棠溪雪拢了拢肩上微滑的披风,指尖触及微凉的锦缎,面上却依旧是那副淡然的模样,甚至带点无所谓的慵懒。
她迎著他莫测的目光,轻轻开口,呼出的气息在空中凝成一团白雾:
“那便……算我命硬吧。”
她是真心觉得,这位名动九洲的折月神医,大抵是集“病气”、“娇气”与“疯气”於一身。
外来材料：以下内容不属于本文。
ghost use Rattle.std.specs.Prelude.{◌≡◌, ◌++◌, IfOk};
ghost use Rattle.cwr_grammar.specs.Counted.{FitsHeader};
ghost use Rattle.cwr_grammar.specs.Spans.{closed_by, opened_by};

use crate::file_counts::FileCounts;
use crate::role::Role;
use cwr_field::Memory;
use cwr_record::WorkKind;
use std::alloc::Allocator;

/// Where a transaction stands in the bytes of a file, from its header to the end of its last detail.
#[derive(Clone, Copy, Debug)]
pub(crate) struct Span {
    pub(crate) start: usize,
    pub(crate) end: usize,
    pub(crate) group: u32,
    pub(crate) sequence: u32,
    pub(crate) kind: WorkKind,
}

/// A transaction whose end was not read yet.
#[derive(Clone, Copy)]
pub(crate) struct Open {
    pub(crate) start: usize,
    pub(crate) group: u32,
    pub(crate) sequence: u32,
    pub(crate) kind: WorkKind,
}

/// Consumes a line: one that is no detail ends the open transaction, and a transaction's header opens the next one.
/// Returns the transaction that is open then.
///
/// - `spans` gets the span of the transaction that ends.
/// - `current` is the open transaction, or `None`.
/// - `at` is the index of the line's first byte in the file, counted from 0.
/// - `role` is the role of the line.
/// - `counts` are those of the lines before it.
pub(crate) fn take_line<A: Allocator>(
    spans: &mut Vec<Span, A>,
    current: Option<Open>,
    at: usize,
    role: &Role,
    counts: &FileCounts,
) -> Result<Option<Open>, Memory>
    requires { FitsHeader role.now counts.now }
    ensures taken { IfOk result (λ _. spans.new.items ≡ spans.old.items ++ closed_by role.now at current) }
    ensures next { IfOk result (λ next. next ≡ opened_by role.now at counts.now.groups counts.now.transactions current) }
{
    if let Role::Detail(_, _) = *role {
        return Ok(current);
    }
    if let Some(ended) = current {
        spans.push(Span {
            start: ended.start,
            end: at,
            group: ended.group,
            sequence: ended.sequence,
            kind: ended.kind,
        })?;
    }
    if let Role::TransactionHeader(Some(kind), _, _) = *role {
        Ok(Some(Open {
            start: at,
            group: counts.groups as u32,
            sequence: counts.transactions as u32,
            kind,
        }))
    } else {
        Ok(None)
    }
}
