//! The grammar of CWR submission files.
//!
//! [`parse_file`] reads a submission file: its header and its transactions, or its first fault. Nothing is copied: a
//! [`RawTransaction`] borrows the file's bytes, and [`Lines`] goes over lines.
//!
//! [`visit_file`] gives the same header and transactions to a [`Visitor`], line by line, as it comes to them. A
//! [`FileReader`] does so for a file that comes a chunk at a time. [`FileCounts`] are what the lines before one of them
//! say.
#![tactic(auto)]

mod awaited;
mod control_bytes;
mod envelope;
mod fault;
mod file_counts;
mod file_reader;
pub mod laws;
mod line_lengths;
mod lines;
mod refusal;
mod role;
mod span;
mod submission;
mod transactions;
mod visitor;

pub use cwr_field::Memory;
pub use cwr_record::{Header, WorkKind};
pub use envelope::Envelope;
pub use file_counts::FileCounts;
pub use file_reader::FileReader;
pub use lines::Lines;
pub use refusal::FileRefusal;
pub use submission::{Submission, parse_file};
pub use transactions::{RawTransaction, TransactionIter, Transactions};
pub use visitor::{Visitor, visit_file};
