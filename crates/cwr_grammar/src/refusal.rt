ghost use Rattle.std.specs.Prelude.{◌≡◌};
ghost use Rattle.cwr_grammar.specs.declared.refusal.FileRefusal.TheVariants.{Memory as refused};

use cwr_field::Memory;
use thiserror::Error;

/// Why a file was not taken.
#[derive(Clone, Copy, Debug, PartialEq, Eq, Error)]
pub enum FileRefusal {
    /// The system refused memory.
    #[error("memory")]
    Memory,
    /// The file has this fault, and none before it.
    #[error("refused F{number} at line {line}")]
    Fault {
        /// The number of the fault, from 1 to 12: the least of the line's faults.
        number: u8,
        /// The line, counted from 1: the first of the faulty lines. The line after the last one stands for the file's
        /// end.
        line: u64,
    },
}

impl From<Memory> for FileRefusal {
    ghost from_gives = { λ _ e. e ≡ refused };

    fn from(_error: Memory) -> FileRefusal {
        FileRefusal::Memory
    }
}
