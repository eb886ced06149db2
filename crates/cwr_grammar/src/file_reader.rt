ghost use Rattle.std.specs.Prelude.{◌≡◌, ◌+◌, ◌≤◌, ◌<◌, ◌==◌, ◌^◌, ◌⊎◌, ℕ, List, Some, None, true, false, drop, length, map, IfOk, IfErr, OnOk};
ghost use Rattle.std.specs.List.{position};
ghost use Rattle.std.specs.Str.Lines.{lines};
ghost use Rattle.cwr_grammar.specs.Awaited.{next_detail, next_header};
ghost use Rattle.cwr_grammar.specs.Counted.{counts_of, AreSmall};
ghost use Rattle.cwr_grammar.specs.FaultTests.{has_control, is_file_header, is_tail};
ghost use Rattle.cwr_grammar.specs.File.{IsPlain};
ghost use Rattle.cwr_grammar.specs.FirstFault.{line_fault};
ghost use Rattle.cwr_grammar.specs.ReadUpTo.{IsNextLine, IsPast, IsReadUpTo, StandsAt, HeadAfter, at_start};
ghost use Rattle.cwr_record.specs.RecordTypes.{type_of};
ghost use Rattle.cwr_grammar.specs.Roles.{role_of};
ghost use Rattle.cwr_grammar.specs.Spans.{IsLineAt, Placed};
ghost use Rattle.cwr_grammar.specs.Submitted.{IsRefusal};
ghost use Rattle.cwr_grammar.specs.Visiting.{WasGiven};
ghost use Rattle.cwr_grammar.specs.declared.refusal.FileRefusal.TheVariants.{Fault};
ghost use Rattle.cwr_grammar.specs.declared.role.Role.TheVariants.{FileHeader};

use crate::awaited::{Awaited, PREFIX_SIZE};
use crate::envelope::Envelope;
use crate::fault::{LONGEST_LINE, fault_of, is_tail};
use crate::file_counts::FileCounts;
use crate::line_lengths::LineLengths;
use crate::lines::{FirstLine, first_line_near};
use crate::refusal::FileRefusal;
use crate::role::{Role, leaves_open, role_at};
use crate::span::{Open, Span, take_line};
use crate::visitor::{Visitor, give};
use cwr_record::{Header, RecordType, WorkKind, read_header, type_of};
use std::alloc::Allocator;
use std::marker::Model;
偏偏这气质落在他身上,被那身云水綃与星月之姿一衬,竟诡异地糅合成一种令人心悸的魅力。
“哈。”
司星悬低笑了一声。
他朝她的方向微微倾身,几缕未束的髮丝垂落,声音压得更低,带著一种近乎耳语的亲昵,吐出的字句却淬著寒:
“可不是命硬么?”
“招惹遍九洲天骄,成了人人喊打的公敌,还能在长生殿逍遥快活。”
“棠溪雪,你这命,简直比镇山河的星陨石还硬。”
他直起身,最后瞥了她一眼,那眼神如同观测星轨时,发现了一颗不守规矩、肆意乱窜的流星。
好奇,评估,並等待著它下一刻就会燃烧殆尽的景象。
“本公子,拭目以待。”
话音落下的瞬间,侍立门外的宫人已恭敬地打起厚重的锦帘。
霎时,凛冽的风裹挟著碎雪的气息,如同挣脱束缚的寒兽,呼啸著涌入温暖的殿阁,衝散了满室暖香,也吹得棠溪雪颊边几缕髮丝飞扬。
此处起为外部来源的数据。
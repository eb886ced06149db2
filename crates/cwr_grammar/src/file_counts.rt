ghost use Rattle.std.specs.Prelude.{◌≡◌, ◌+◌, ℕ, List, [], ◌∷◌, map};
ghost use Rattle.cwr_grammar.specs.declared.role.Role.{Role};
ghost use Rattle.cwr_grammar.specs.FaultTests.{is_number, option_next, same_kind};
ghost use Rattle.cwr_grammar.specs.FirstFault.{role_fault, grammar_fault};
ghost use Rattle.cwr_grammar.specs.Counted.{counts_of, AreSmall};
ghost use Rattle.cwr_grammar.specs.Roles.{role_of};

use crate::role::{Role, role_at};
use cwr_record::{WorkKind, type_of};

/// What is counted while a file is read: what the lines so far say, by their roles.
#[derive(Clone, Copy)]
pub struct FileCounts {
    /// How many lines were read.
    pub lines: u64,
    /// How many groups began.
    pub groups: u64,
    /// How many transactions began in the file.
    pub all_transactions: u64,
    /// The file ended.
    pub is_ended: bool,
    /// A group is open.
    pub in_group: bool,
    /// The transaction type of the last group.
    pub kind: Option<WorkKind>,
    /// How many lines follow the last group header.
    pub group_lines: u64,
    /// How many transactions began in the last group.
    pub transactions: u64,
    /// A transaction began in the last group.
    pub in_transaction: bool,
    /// How many lines follow the last transaction header of the group.
    pub details: u64,
}

impl FileCounts {
    /// The counts before the first line.
    pub fn new() -> FileCounts
        ensures { result ≡ counts_of [] }
    {
        FileCounts {
            lines: 0,
            groups: 0,
            all_transactions: 0,
            is_ended: false,
            in_group: false,
            kind: None,
            group_lines: 0,
            transactions: 0,
            in_transaction: false,
            details: 0,
        }
    }

    /// Counts the next line of a file by the record that it names, whether or not it has a fault.
    pub fn add_record(&mut self, line: &[u8])
        requires small { AreSmall self.old }
        ensures { (before : List (List ℕ)) → self.old ≡ counts_of (map role_of before) → self.new ≡ counts_of (map role_of (line.now ∷ before)) }
    {
        self.add(&role_at(type_of(line), line));
    }

    /// Counts a line that has no fault, and that begins and ends nothing.
    #[inline(always)]
    pub(crate) fn add_line(&mut self)
        requires small { AreSmall self.old }
        ensures { self.new ≡ record self.old { lines = self.old.lines + 1; group_lines = self.old.group_lines + 1; details = self.old.details + 1 } }
    {
        self.lines += 1;
        self.group_lines += 1;
        self.details += 1;
    }

    /// Counts a line of this role.
    #[inline(always)]
    pub(crate) fn add(&mut self, role: &Role)
        requires small { AreSmall self.old }
        ensures { (before : List Role) → self.old ≡ counts_of before → self.new ≡ counts_of (role.now ∷ before) }
    {
        self.add_line();
        match *role {
            Role::GroupHeader(kind, _) => {
                self.groups += 1;
                self.in_group = true;
                self.kind = kind;
                self.group_lines = 0;
                self.transactions = 0;
                self.in_transaction = false;
                self.details = 0;
            }
            Role::TransactionHeader(_, _, _) => {
                self.all_transactions += 1;
                self.transactions += 1;
                self.in_transaction = true;
                self.details = 0;
            }
            Role::GroupTrailer(_, _, _) => self.in_group = false,
            Role::FileTrailer(_, _, _) => self.is_ended = true,
            _ => {}
        }
    }

    /// The least fault that the role of the next line has.
    #[inline(always)]
    pub(crate) fn fault(&self, role: &Role) -> Option<u8>
        requires small { AreSmall self.now }
        ensures { (before : List Role) → self.now ≡ counts_of before → result ≡ role_fault before role.now }
    {
        if self.is_ended {
            return Some(11);
        }
        match *role {
            Role::Unnamed => Some(if self.lines == 0 { 1 } else { 3 }),
            Role::FileHeader(_) if self.lines > 0 => Some(4),
            Role::FileHeader(valid) => (!valid).then_some(3),
            _ if self.lines == 0 => Some(1),
            Role::GroupHeader(kind, group) => self.group_header_fault(kind, group),
            Role::TransactionHeader(kind, transaction, place) => {
                self.transaction_header_fault(kind, transaction, place)
            }
            Role::Detail(transaction, place) => self.detail_fault(transaction, place),
            Role::GroupTrailer(group, transactions, records) => {
                self.group_trailer_fault(group, transactions, records)
            }
            Role::FileTrailer(groups, transactions, records) => {
                self.file_trailer_fault(groups, transactions, records)
            }
        }
    }

    fn group_header_fault(&self, kind: Option<WorkKind>, group: Option<u64>) -> Option<u8>
        requires small { AreSmall self.now }
        ensures { (before : List Role) → self.now ≡ counts_of before → result ≡ grammar_fault before (Role.GroupHeader kind group) }
    {
        if self.in_group {
            Some(4)
        } else if kind.is_none() {
            Some(5)
        } else if !is_number(group, self.groups + 1) {
            Some(7)
        } else {
            None
        }
    }

    fn transaction_header_fault(
        &self,
        kind: Option<WorkKind>,
        transaction: Option<u64>,
        place: Option<u64>,
    ) -> Option<u8>
        ensures { (before : List Role) → self.now ≡ counts_of before → result ≡ grammar_fault before (Role.TransactionHeader kind transaction place) }
    {
        if !self.in_group {
            Some(4)
        } else if !same_kind(kind, self.kind) {
            Some(6)
        } else if !is_number(transaction, self.transactions) || !is_number(place, 0) {
            Some(8)
        } else {
            None
        }
    }

    fn detail_fault(&self, transaction: Option<u64>, place: Option<u64>) -> Option<u8>
        requires small { AreSmall self.now }
        ensures { (before : List Role) → self.now ≡ counts_of before → result ≡ grammar_fault before (Role.Detail transaction place) }
    {
        if !self.in_group || !self.in_transaction {
            Some(4)
        } else if !is_next(transaction, self.transactions) || !is_number(place, self.details + 1) {
            Some(8)
        } else {
            None
        }
    }

    fn group_trailer_fault(
        &self,
        group: Option<u64>,
        transactions: Option<u64>,
        records: Option<u64>,
    ) -> Option<u8>
        requires small { AreSmall self.now }
        ensures { (before : List Role) → self.now ≡ counts_of before → result ≡ grammar_fault before (Role.GroupTrailer group transactions records) }
    {
        if !self.in_group {
            Some(4)
        } else if !is_number(group, self.groups) {
            Some(7)
        } else if !is_number(transactions, self.transactions)
            || !is_number(records, self.group_lines + 2)
        {
            Some(9)
        } else {
            None
        }
    }

    fn file_trailer_fault(
        &self,
        groups: Option<u64>,
        transactions: Option<u64>,
        records: Option<u64>,
    ) -> Option<u8>
        requires small { AreSmall self.now }
        ensures { (before : List Role) → self.now ≡ counts_of before → result ≡ grammar_fault before (Role.FileTrailer groups transactions records) }
    {
        if self.in_group {
            Some(4)
        } else if !is_number(groups, self.groups)
            || !is_number(transactions, self.all_transactions)
            || !is_number(records, self.lines + 1)
        {
            Some(10)
        } else {
            None
        }
    }
}

fn is_number(value: Option<u64>, number: u64) -> bool
    ensures { result ≡ is_number value number }
{
    match value {
        None => false,
        Some(value) => value == number,
    }
}

fn is_next(value: Option<u64>, number: u64) -> bool
    ensures { result ≡ is_number (option_next value) number }
{
    match value {
        None => false,
        Some(value) => number > 0 && value == number - 1,
    }
}

fn same_kind(one: Option<WorkKind>, other: Option<WorkKind>) -> bool
    ensures { result ≡ same_kind one other }
{
    match (one, other) {
        (Some(WorkKind::Nwr), Some(WorkKind::Nwr)) => true,
        (Some(WorkKind::Rev), Some(WorkKind::Rev)) => true,
        _ => false,
    }
}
司星悬不再停留,低头,从容步入那顶早已候在阶下、垂著厚密锦帘的温暖轿輦。
轿帘在他身后落下,轿輦被稳稳抬起,碾过宫道上新铺的尚未被践踏过的洁白积雪,发出咯吱轻响,朝著宫城麟台方向,迤邐而去。
“司星公子,慢走。”
棠溪雪站在原地,甚至向前踱了半步,停在门槛內,朝著那远去的轿輦轮廓,轻轻挥了挥手。
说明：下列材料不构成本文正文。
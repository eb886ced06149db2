ghost use Rattle.std.specs.Prelude.{◌≡◌, ◌+◌, ◌≤◌, ◌<◌, ◌^◌, ◌∷◌, ◌++◌, [], ℕ, List, Option, Some, None, length, is_some, IsTrue, IfOk, IfErr, OnOk};
ghost use Rattle.std.specs.Str.Lines.{lines};
ghost use Rattle.cwr_field.specs.Layout.{is_printable};
ghost use Rattle.cwr_field.specs.Number.{max_count};
ghost use Rattle.cwr_record.specs.RecordTypes.{type_of};
ghost use Rattle.cwr_record.specs.declared.control.Header.{Header};
ghost use Rattle.cwr_grammar.specs.Counted.{FitsHeader};
ghost use Rattle.cwr_grammar.specs.RawParts.{RawParts};
ghost use Rattle.cwr_grammar.specs.Submitted.{IsRefusal};
ghost use Rattle.cwr_grammar.specs.Visiting.{MayBeGiven, WasGiven, open_after, whole_after, with_line};

use crate::envelope::Envelope;
use crate::file_counts::FileCounts;
use crate::file_reader::FileReader;
use crate::refusal::FileRefusal;
use crate::role::Role;
use cwr_field::Memory;
use cwr_record::{Header, RecordType, WorkKind};

/// Receives the header of a file, and then its transactions line by line, as [`visit_file`] comes to them.
///
/// No line that it is given has a byte below 32. Once it was refused memory, it is given nothing more.
pub trait Visitor {
    // What the second visitor keeps of what it was given since it was as the first: of the header, of the complete
    // transactions, and of the lines of an open one.
    ghost keeps: { Self → Self → Option Header → List RawParts → Option RawParts → Type 0 };

    /// The file begins, with this header. No byte of its sender is below 32.
    fn header(&mut self, header: &Header)
        requires nothing { (first : Self) × keeps first self.old None [] None }
        requires printable { IsTrue (is_printable header.now.sender) }
        ensures { (first : Self) → keeps first self.old None [] None → keeps first self.new (Some header.now) [] None };

    /// A transaction begins: its group id, its transaction sequence, its kind and its header's line.
    fn begin(
        &mut self,
        group: u32,
        sequence: u32,
        kind: WorkKind,
        head: &[u8],
    ) -> Result<(), Memory>
        requires between { (first : Self) × (header : Header) × (whole : List RawParts) × keeps first self.old (Some header) whole None }
        requires group { group < 10 ^ 5 }
        requires sequence { sequence < 10 ^ 8 }
        requires printable { IsTrue (is_printable head.now) }
        ensures { OnOk result ((first : Self) (header : Header) (whole : List RawParts) → keeps first self.old (Some header) whole None
            → keeps first self.new (Some header) whole (Some (record { group = group; sequence = sequence; kind = kind; lines = head.now ∷ [] }))) };

    /// The open transaction goes on with a detail's line, of this record type.
    fn detail(&mut self, line: &[u8], record_type: RecordType) -> Result<(), Memory>
        requires begun { (first : Self) × (header : Header) × (whole : List RawParts) × (t : RawParts) × keeps first self.old (Some header) whole (Some t) × (length t.lines ≤ max_count) }
        requires read { record_type ≡ type_of line.now }
        requires printable { IsTrue (is_printable line.now) }
        ensures { OnOk result ((first : Self) (header : Header) (whole : List RawParts) (t : RawParts) → keeps first self.old (Some header) whole (Some t)
            → keeps first self.new (Some header) whole (Some (with_line line.now t))) };

    /// The open transaction is complete.
    fn end(&mut self) -> Result<(), Memory>
        requires begun { (first : Self) × (header : Header) × (whole : List RawParts) × (t : RawParts) × keeps first self.old (Some header) whole (Some t) × (length t.lines ≤ max_count + 1) × (length whole < 2 ^ 63) }
        ensures { OnOk result ((first : Self) (header : Header) (whole : List RawParts) (t : RawParts) → keeps first self.old (Some header) whole (Some t)
            → keeps first self.new (Some header) (whole ++ t ∷ []) None) };
}

/// Reads a file as [`parse_file`](crate::parse_file) does, and gives its header and its transactions to a visitor as it
/// comes to them. A file that comes a chunk at a time is read by a [`FileReader`].
///
/// Of a well-formed file the visitor is given the header, and then all transactions, in order, and the file's envelope
/// is returned. Of any other file the first fault is returned, and what the visitor was given belongs to no file. No
/// memory is asked for but by the visitor.
pub fn visit_file<V: Visitor>(bytes: &[u8], visitor: &mut V) -> Result<Envelope, FileRefusal>
    requires { V.keeps visitor.old visitor.old None [] None }
    ensures given { IfOk result (λ envelope. WasGiven (V.keeps visitor.old visitor.new) bytes.now envelope.header envelope.groups envelope.records) }
    ensures fault { IfErr result (IsRefusal (lines bytes.now)) }
{
    FileReader::new().finish(visitor, bytes)
}

/// Gives a line behind the file's header to a visitor. A line that is no detail ends the open transaction, and the
/// header of a transaction opens the next one.
///
/// - `visitor` receives the line.
/// - `is_open` is whether a transaction is open.
/// - `line` is the line, without its end.
/// - `record_type` is its record type.
/// - `role` is its role.
/// - `counts` are those of the lines before it.
#[inline(always)]
pub(crate) fn give<V: Visitor>(
    visitor: &mut V,
    is_open: bool,
    line: &[u8],
    record_type: RecordType,
    role: &Role,
    counts: &FileCounts,
) -> Result<(), Memory>
    requires fits { FitsHeader role.now counts.now }
    requires read { record_type ≡ type_of line.now }
    requires printable { IsTrue (is_printable line.now) }
    requires kept { (first : V) × (header : Header) × (whole : List RawParts) × (current : Option RawParts) × V.keeps first visitor.old (Some header) whole current × MayBeGiven role.now is_open current × (length whole < 2 ^ 63) }
    ensures { OnOk result ((first : V) (header : Header) (whole : List RawParts) (current : Option RawParts) → is_some current ≡ is_open → V.keeps first visitor.old (Some header) whole current
        → V.keeps first visitor.new (Some header) (whole_after role.now whole current) (open_after role.now line.now counts.now.groups counts.now.transactions current)) }
{
    if let Role::Detail(_, _) = *role {
        visitor.detail(line, record_type)?;
        return Ok(());
    }
    if is_open {
        visitor.end()?;
    }
    if let Role::TransactionHeader(Some(kind), _, _) = *role {
        visitor.begin(counts.groups as u32, counts.transactions as u32, kind, line)?;
    }
    Ok(())
}
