ghost use Rattle.std.specs.Prelude.{◌≡◌, ◌<◌, ◌≤◌, ◌==◌, ◌∷◌, ◌++◌, ◌⊎◌, ℕ, List, [], None, true, false, length, take, drop, IfSome, IfNone};
ghost use Rattle.std.specs.Iterator.{YieldsFirstRef, item_count};
ghost use Rattle.std.specs.List.{position, position_or_len};
ghost use Rattle.std.specs.Str.Lines.{lines, strip_carriage_return};
ghost use Rattle.cwr_field.specs.Layout.{is_control};
ghost use Rattle.cwr_grammar.specs.FaultTests.{has_control};

use crate::control_bytes::first_control_near;
use std::iter::FusedIterator;
use std::marker::Model;

/// The lines of a text that are still to come, in order. They borrow the text.
///
/// LF ends a line, and one CR before it is no part of the line. The last line may lack its LF, and then keeps a CR at
/// its end. The empty text has no lines. A contract sees this iterator as the list of the lines.
#[derive(Clone, Debug, Drop)]
pub struct Lines<'a> {
    rest: &'a [u8],
}

impl<'a> Model for Lines<'a> {
    ghost use Rattle.std.specs.Prelude.{List, ℕ};
    ghost use Rattle.std.specs.Str.Lines.{lines};

    ghost Value = { List (List ℕ) };

    ghost view = { λ l. lines l.rest.now };
}

impl<'a> Lines<'a> {
    /// The lines of a text.
    pub fn of(text: &'a [u8]) -> Lines<'a>
        ensures { result ≡ lines text.now }
    {
        Lines { rest: text }
    }
}

impl<'a> Iterator for Lines<'a> {
    type Item = &'a [u8];

    ghost next_gives = { YieldsFirstRef (λ l. l) };

    ghost remaining = { item_count (λ l. l) };

    fn next(&mut self) -> Option<&'a [u8]> {
        let line = first_line_near(self.rest, 0)?;
        self.rest = &self.rest[line.size..];
        Some(line.bytes)
    }
}

impl FusedIterator for Lines<'_> {}

/// The first line of a text.
#[derive(Clone, Copy)]
pub(crate) struct FirstLine<'a> {
    pub(crate) bytes: &'a [u8],
    /// How many bytes it has with its end.
    pub(crate) size: usize,
    /// No byte of it is below 32. Where this is false, one may be.
    pub(crate) is_clean: bool,
    /// An LF ends it.
    pub(crate) is_whole: bool,
}

/// The first line of a text. `guess` is how many bytes it probably has without its end.
#[inline(always)]
pub(crate) fn first_line_near(text: &[u8], guess: usize) -> Option<FirstLine<'_>>
    ensures none { IfNone result (text.now ≡ []) }
    ensures line { IfSome result (λ x. lines text.now ≡ x.bytes.now ∷ lines (drop x.size text.now)) }
    ensures some { IfSome result (λ x. 0 < x.size) }
    ensures inside { IfSome result (λ x. x.size ≤ length text.now) }
    ensures clean { IfSome result (λ x. x.is_clean ≡ true → has_control x.bytes.now ≡ false) }

    // Its bytes are the whole text, or are a line with its end before any other bytes too.
    ensures whole { IfSome result (λ x. (length text.now ≤ x.size) ⊎ ((more : List ℕ) → lines (take x.size text.now ++ more) ≡ x.bytes.now ∷ lines more)) }
    ensures ended { IfSome result (λ x. x.is_whole ≡ true → (more : List ℕ) → lines (take x.size text.now ++ more) ≡ x.bytes.now ∷ lines more) }
    ensures unended { IfSome result (λ x. x.is_whole ≡ false → position (λ b. b == 10) text.now ≡ None) }
{
    if text.is_empty() {
        return None;
    }
    // The first byte below 32 is mostly the line's end.
    let end = first_control_near(text, guess);
    match line_end(text, end) {
        Some(size) => Some(FirstLine {
            bytes: &text[..end],
            size,
            is_clean: true,
            is_whole: true,
        }),
        None => Some(other_line(text)),
    }
}

/// How many bytes the first line has with its end, where the first byte below 32, at `end`, begins a line end; `None`
/// where it does not.
fn line_end(text: &[u8], end: usize) -> Option<usize>
    requires { end ≡ position_or_len is_control text.now }
    ensures some { IfSome result (λ size. end < size) }
    ensures inside { IfSome result (λ size. size ≤ length text.now) }
    ensures line { IfSome result (λ size. lines text.now ≡ take end text.now ∷ lines (drop size text.now)) }
    ensures whole { IfSome result (λ size. (more : List ℕ) → lines (take size text.now ++ more) ≡ take end text.now ∷ lines more) }
    ensures clean { IfSome result (λ size. has_control (take end text.now) ≡ false) }
{
    if end < text.len() && text[end] == b'\n' {
        return Some(end + 1);
    }
    if end < text.len() && text[end] == b'\r' && end + 1 < text.len() && text[end + 1] == b'\n' {
        return Some(end + 2);
    }
    None
}

/// The first line of a text that is not empty, whatever bytes the line has: only its LF is looked for.
fn other_line(text: &[u8]) -> FirstLine<'_>
    requires { 0 < length text.now }
    ensures line { lines text.now ≡ result.bytes.now ∷ lines (drop result.size text.now) }
    ensures some { 0 < result.size }
    ensures inside { result.size ≤ length text.now }
    ensures clean { result.is_clean ≡ true → has_control result.bytes.now ≡ false }

    // Its bytes are the whole text, or are a line with its end before any other bytes too.
    ensures whole { (length text.now ≤ result.size) ⊎ ((more : List ℕ) → lines (take result.size text.now ++ more) ≡ result.bytes.now ∷ lines more) }
    ensures ended { result.is_whole ≡ true → (more : List ℕ) → lines (take result.size text.now ++ more) ≡ result.bytes.now ∷ lines more }
    ensures unended { result.is_whole ≡ false → position (λ b. b == 10) text.now ≡ None }
{
    match cwr_field::line_end(text) {
        Some(end) => FirstLine {
            bytes: without_return(&text[..end]),
            size: end + 1,
            is_clean: false,
            is_whole: true,
        },
        None => FirstLine {
            bytes: text,
            size: text.len(),
            is_clean: false,
            is_whole: false,
        },
    }
}

/// The bytes of a line that an LF ended, without one CR at their end.
fn without_return(line: &[u8]) -> &[u8]
    ensures { result.now ≡ strip_carriage_return line.now }
{
    match line {
        [front @ .., b'\r'] => front,
        _ => line,
    }
}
语气诚恳得如同送別一位真正的贵客,唯有眸底深处,掠过一丝如释重负的微光。
总算是……送走了这尊心思难测、手段诡譎的“瘟神”。
轿內,却是另一番天地。
温暖如春,银霜炭在精巧的铜盆里无声燃烧。
司星悬並未端坐,而是有些懒散地倚靠著车內柔软的锦缎垫子。
他怀中是一卷古籍,指尖正缓缓抚过封皮粗糙古老的纹路,如同触摸一段湮灭的旧时光。
轿窗外,沿途宫灯晕黄的光影,透过锦帘细密的缝隙,流泻而入,在他苍白俊美的面容上明明灭灭。
他近乎无声地低语,气息拂过怀中古籍微凉的纸张:
“命硬的人,骨子里都淬著风雪,带著寧折不弯的寒气。”
“可天上的雪啊,飘得再高,舞得再狂,其宿命……终究是坠落尘泥,或化於无形,或污於浊世。”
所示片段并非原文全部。